Optimizing Large Distinct Counts in Analysis Services Tabular

The most glaring hole in the Tabular Performance Guide is information about tuning the performance of distinct counts. In fact I don’t believe distinct counts are even mentioned once in the whole whitepaper. (Since I helped author that whitepaper, visualize me hanging my head in shame and hoping this blog post will serve as my redemption.)

Thankfully others have picked up the slack and have published some great research on optimizing distinct count performance. Alex Whittles did some tests about the impact of DefaultSegmentRowCount on distinct counts. Alberto Ferrari wrote a nice whitepaper all about different approaches to distinct counts and understanding distinct count query plans and he also wrote a nice case study about InContact which suggested if you never need to report across business units you can separate business units into multiple SSAS databases to dramatically improve distinct count query performance. Marco Russo reminded us of an important performance improvement for large distinct counts that came out in SQL2012 SP1 CU9 and SQL2014 RTM CU1.


The Best Way to Optimize Distinct Counts

However, the best way to optimize a distinct count is to change it to a regular count. This blog post documents one way of doing this if there are many rows where the value you are distinct counting only appears once per table. For example in the following table we are distinct counting CustomerKey. Customer 99 and 88 only have one order:

OrderKey

CustomerKey

1111

99

2222

88

3333

77

4444

77

5555

66

6666

66

So we could transform this table to the following:

OrderKey

CustomerKey

CustomerKeyMulti

CustomerKeySingle

1111

99

 

1

2222

88

 

1

3333

77

77

 

4444

77

77

 

5555

66

66

 

6666

66

66

 

Now instead of DISTINCTCOUNT(FactOrder[CustomerKey]) we can improve performance by doing:

DISTINCTCOUNT(FactOrder[CustomerKeyMulti])
+ SUM(FactOrder[CustomerKeySingle])

That calculation will actually be 1 high because a distinct count on a column with nulls will count those nulls. So to fix that bug we need to make the calculation slightly more complex:

DISTINCTCOUNT(FactOrder[CustomerKeyMulti])
+ IF(
   SUM(FactOrder[CustomerKeySingle])>=1,
   SUM(FactOrder[CustomerKeySingle])-1
  )

How much faster is this optimized version than a plain distinct count? The following tests were done on a 200 million row table on my laptop which has an Intel i7-4702HQ processor. I did some similar tests on Azure D-series and G-series virtual machines and saw relatively similar numbers.
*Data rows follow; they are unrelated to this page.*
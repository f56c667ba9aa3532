// What the lines of a link file mean: the count of routers, the rule and the directions.
#![tactic(auto)]

pub mod direction;
pub mod read;

pub use direction::Direction;
pub use read::{next_direction, read_routers, read_rule};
As you can see, if 195 million rows are customers who only placed one order, then a 19 second distinct count becomes half a second once optimized. As a smaller percentage of rows are customers who only placed one order, the improvement after optimization shrinks to the point that the optimization is not worth the data preparation effort.

As with performance of most things in Tabular, the cardinality of columns largely determines performance. Drilling into these numbers in more detail, study the first row which took 18 seconds to run a distinct count across 200 million rows. Optimized it took 0.5 seconds and the optimized distinct count only had to distinct count 5 million values (200M - 195M = 5M distinct values in the CustomerKeyMulti column).

Rows with Unique Distinct Count Value

CustomerKey Cardinality

Regular Query Time (ms)

CustomerKeyMulti Cardinality

Optimized Query Time (ms)

195M

200M

18,480

5M

500

160M

180M

17,093

20M

1,858

120M

160M

13,003

40M

3,528

80M

140M

12,134

60M

5,620

40M

120M

11,632

80M

6,789

10M

105M

10,939

95M

9,523


Data Preparation for this Optimization

The ETL to calculate these two new columns is fairly expensive but depending on your data the resulting Analysis Services query performance enhancement may be worth it. The most straightforward approach to building the Multi and Single columns is:

select OrderKey
,
CustomerKey
,CustomerKeyMulti = case when CustomerKeyCount > 1 then CustomerKey end
,CustomerKeySingle = case when CustomerKeyCount = 1 then 1 end
from (
 select OrderKey
 ,CustomerKey
 ,CustomerKeyCount = count(*) over (PARTITION BY CustomerKey) > 1
 from FactOrder
) f

You could also split your single fact table into two fact tables to potentially optimize it even further. I briefly tested this and at least on my particular dataset this optimization didn’t make a significant difference, but your mileage may vary. If you don’t have any degenerate dimension columns, you can split the one optimized table into:

OrderKey

CustomerKey

CustomerKeyMulti

3333

77

77

4444

77

77

5555

66

66

6666

66

66

OrderKey

CustomerKey

CustomerKeySingle

1111

99

1

2222

88

1

 

Conclusion

Why perform an expensive distinct count if it’s not needed? If you can transform even a portion of your distinct count into a regular count, your query performance gain inside Analysis Services Tabular may be tremendous.